(Collected data)

____________________

//! The map from ids to indexes.

ghost use Rattle.std.specs.Prelude.{◌≡◌, ℕ, ◌-◌, ◌<◌, ◌≤◌, cond, eqb, IfOk, OnOk, OnErr, IfSome, IfNone, None, Some, All, max};
ghost use Rattle.std.specs.Prelude.{slice_index_or, insert, remove, IsSome, ◌↔◌};
ghost use Rattle.std.specs.Bool.{IsTrue};
ghost use Rattle.std.specs.List.{slice_get, HoldsAt};
ghost use Rattle.cyc_finder.specs.Sorted.{IsAt, IsGap, IsNextAfter, IsPassed};
ghost use Rattle.cyc_finder.specs.Indexes.{Entry, new_finder, hints, hint_at, id_in, index_of, IsIndexed};

use crate::hints::Hints;
use crate::slot::Slot;
use crate::slots::{
    First, after, first_with, first_without, make_way, next_here, position_of, put, quick, sought,
};
use crate::sorted::search_new;
use cyc_types::{CyclicId, Index};
use std::alloc::{AllocError, Global};
use std::marker::Model;

/// How many hints there are where ids have hints: enough for that many cyclics, and few enough to stay in a cache (our own rule).
pub const HINTS: usize = 256;

/// The constant is the number that the definitions speak of. It does nothing when it runs.
pub fn hints_law()
    ensures { HINTS ≡ hints }
{}

/// How many slots a finder has at least: with few cyclics those that are gone are then seldom dropped (our own rule).
const FEWEST_SLOTS: usize = 64;

/// The map from the ids of cyclics to their indexes, no two the same (our own; the kernel names a cyclic by its address).
/// Contracts see its entries by rising id.
///
/// It keeps a slot for each cyclic that came, by rising id, and a cyclic that goes leaves its slot behind, so that no other is
/// moved. One that comes between others takes over such a slot near it; those that are left are dropped all at once, when no more
/// fit. Ids mostly rise by one, so the first look mostly answers; after it comes a hint, of which each id has one, with many
/// cyclics a second one, which fewer ids share, and then halving.
#[derive(Drop)]
pub struct Finder {
    slots: Vec<Slot>,
    first: First,
    hints: Box<Hints>,
    room: usize,
}

impl Model for Finder {
    ghost use Rattle.cyc_finder.specs.Indexes.{FinderView};
    ghost use Rattle.cyc_finder.specs.Slots.{entries_of};
    ghost use Rattle.cyc_finder.specs.Shown.{IsFinder};

    ghost Value = { FinderView };

    ghost view = { λ f. record { entries = entries_of f.slots.items; room = f.room } };

    ghost invariant = { IsFinder };
}

/// Where the hint of an id stands among `HINTS` hints: at its low bits, with those above them added, so that ids that are 16
/// apart, as those of one of 16 CPUs often are, don't share one.
#[tactic(auto, unfolding(crate::specs::Indexes::hint_at))]
pub fn hint_of(id: CyclicId) -> usize
    ensures { (result ≡ hint_at id) × (result < hints) }
{
    let number = id.number();
    let hints = HINTS as u64;
    ((number + number / hints) % hints) as usize
}

impl Finder {
    /// No id has an index. Takes the memory of one cyclic, with `FEWEST_SLOTS` slots.
    pub fn new(alloc: Global) -> Result<Finder, AllocError>
        ensures { IfOk result (λ finder. finder ≡ new_finder) }
    {
        Ok(Finder {
            slots: Vec::with_capacity(alloc, FEWEST_SLOTS)?,
            first: First {
                position: 0,
                base: 0,
            },
            hints: Hints::new(alloc)?,
            room: 1,
        })
    }

    /// Takes the memory of so many cyclics, so that none of these takes any: 32 bytes for each, and 16 KB once where they are
    /// more than `HINTS`. O(n) where it takes any.
    pub fn reserve(&mut self, size: usize) -> Result<(), AllocError>
        ensures ok { OnOk result (self.new ≡ record self.old { room = max self.old.room size }) }
        ensures err { OnErr result (self.new ≡ self.old) }
        ensures refused { OnErr result (self.old.room < size) }
    {
        if size > self.room {
            // no allocation can give as much as overflows here
            let slots = size.checked_mul(2).ok_or(AllocError)?;
            self.slots
                .reserve_exact(slots.saturating_sub(self.slots.len()))?;
            self.hints.reserve(&self.slots, size)?;
            self.room = size;
        }
        Ok(())
    }

    /// The index of the id. None where it has none. O(1) where one of two looks finds it, else O(log n).
    pub fn find(&self, id: CyclicId) -> Option<Index>
        ensures { result ≡ index_of id self.now.entries }
    {
        match position_of(&self.slots, self.first.base, &self.hints, id) {
            Some(position) => Some(self.slots[position].index_here()),
            None => None,
        }
    }

    /// As `find`, by two looks: as far from the first id as this is above it, and where it was found last. None unless it stands
    /// at one of them. O(1).
    #[inline(always)]
    pub fn soon(&self, id: CyclicId) -> Option<Index>
        ensures some { IfSome result (λ index. index_of id self.now.entries ≡ Some index) }
        ensures none { IfNone result ((first : Entry) → slice_get self.now.entries 0 ≡ Some first → first.id ≤ id
            → ¬ IsAt id_in self.now.entries id (id - first.id)) }
    {
        match quick(&self.slots, self.first.base, &self.hints, id) {
            Some(position) => Some(self.slots[position].index_here()),
            None => None,
        }
    }

    /// As `find`, and the next `soon` of this id finds it while no cyclic comes and no other id has its hint.
    #[cold]
    #[inline(never)]
    pub fn seek(&mut self, id: CyclicId) -> Option<Index>
        ensures value { result ≡ index_of id self.old.entries }
        ensures same { self.new ≡ self.old }
    {
        match sought(&self.slots, &self.hints, id) {
            Ok(position) => {
                self.hints.set(id, position);
                self.slots[position].index()
            }
            Err(_) => None,
        }
    }

    /// Whether the id has an index. O(1) where the id is above all that came, as that of a new cyclic mostly is, else O(log n).
    pub fn has(&self, id: CyclicId) -> bool
        ensures { IsTrue result ↔ IsSome (index_of id self.now.entries) }
    {
        match search_new(&self.slots, id) {
            Ok(position) => self.slots[position].is_here(),
            Err(_) => false,
        }
    }

    /// The smallest id above this one that has an index, or the smallest of all, and its index: the next step of a walk. O(log
    /// n), and the slots of those that are gone are passed by.
    pub fn next_after(&self, passed: Option<CyclicId>) -> Option<(CyclicId, Index)>
        ensures none { IfNone result (All (λ e. IsPassed passed e.id) self.now.entries) }
        ensures some { IfSome result (λ found. (k : ℕ) × IsNextAfter id_in self.now.entries passed k
            × HoldsAt (λ e. e ≡ record { id = found.0; index = found.1 }) self.now.entries k) }
    {
        let from = after(&self.slots, self.first.base, &self.hints, passed).max(
            self.first.position,
        );
        let position = next_here(&self.slots, from);
        if position >= self.slots.len() {
            return None;
        }
        let slot = self.slots[position];
        Some((slot.id(), slot.index_here()))
    }

    /// The id gets the index, which no other id has. Takes no memory. O(log n) on average where the id is above all that came,
    /// where its own slot is still there, or where the slot below it is of one that is gone; else the slots above it are moved,
    /// up to the next of one that is gone or all where none is: O(n).
    #[inline(always)]
    pub fn insert(&mut self, id: CyclicId, index: Index)
        requires absent { index_of id self.old.entries ≡ None }
        requires free { ¬ IsIndexed index self.old.entries }
        requires room { index < self.old.room }
        ensures entries { (k : ℕ) × IsGap id_in self.old.entries id k
            × (self.new.entries ≡ insert self.old.entries k (record { id = id; index = index })) }
        ensures told { (j : ℕ) → index_of j self.new.entries ≡ cond (eqb j id) (Some index) (index_of j self.old.entries) }
        ensures room { self.new.room ≡ self.old.room }
    {
        make_way(&mut self.slots, &mut self.hints, &mut self.first);
        let position = put(&mut self.slots, &mut self.hints, id, index);
        first_with(&self.slots, &mut self.first, position);
    }

    /// The id has no index any more: the answer is the one that it had. No slot is moved. O(1) where one of two looks finds it,
    /// else O(log n); where it was the first that is here, the slots of those that are gone behind it are passed by. Takes no
    /// memory.
    #[inline(always)]
    pub fn remove(&mut self, id: CyclicId) -> Index
        requires { ¬ (index_of id self.old.entries ≡ None) }
        ensures index { index_of id self.old.entries ≡ Some result }
        ensures entries { (k : ℕ) × IsAt id_in self.old.entries id k × (self.new.entries ≡ remove self.old.entries k) }
        ensures told { (j : ℕ) → index_of j self.new.entries ≡ cond (eqb j id) None (index_of j self.old.entries) }
        ensures room { self.new.room ≡ self.old.room }
    {
        let Some(position) = position_of(&self.slots, self.first.base, &self.hints, id) else {
            unreachable!()
        };
        let slot = &mut self.slots[position];
        let index = slot.index_here();
        *slot = Slot::gone(id);
        first_without(&self.slots, &mut self.first, position);
        index
    }
}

____________________

Collect the lines of the records that include the string "IsIndexed".

• [EXPECTED ANSWER]:
ghost use Rattle.cyc_finder.specs.Indexes.{Entry, new_finder, hints, hint_at, id_in, index_of, IsIndexed};
        requires free { ¬ IsIndexed index self.old.entries }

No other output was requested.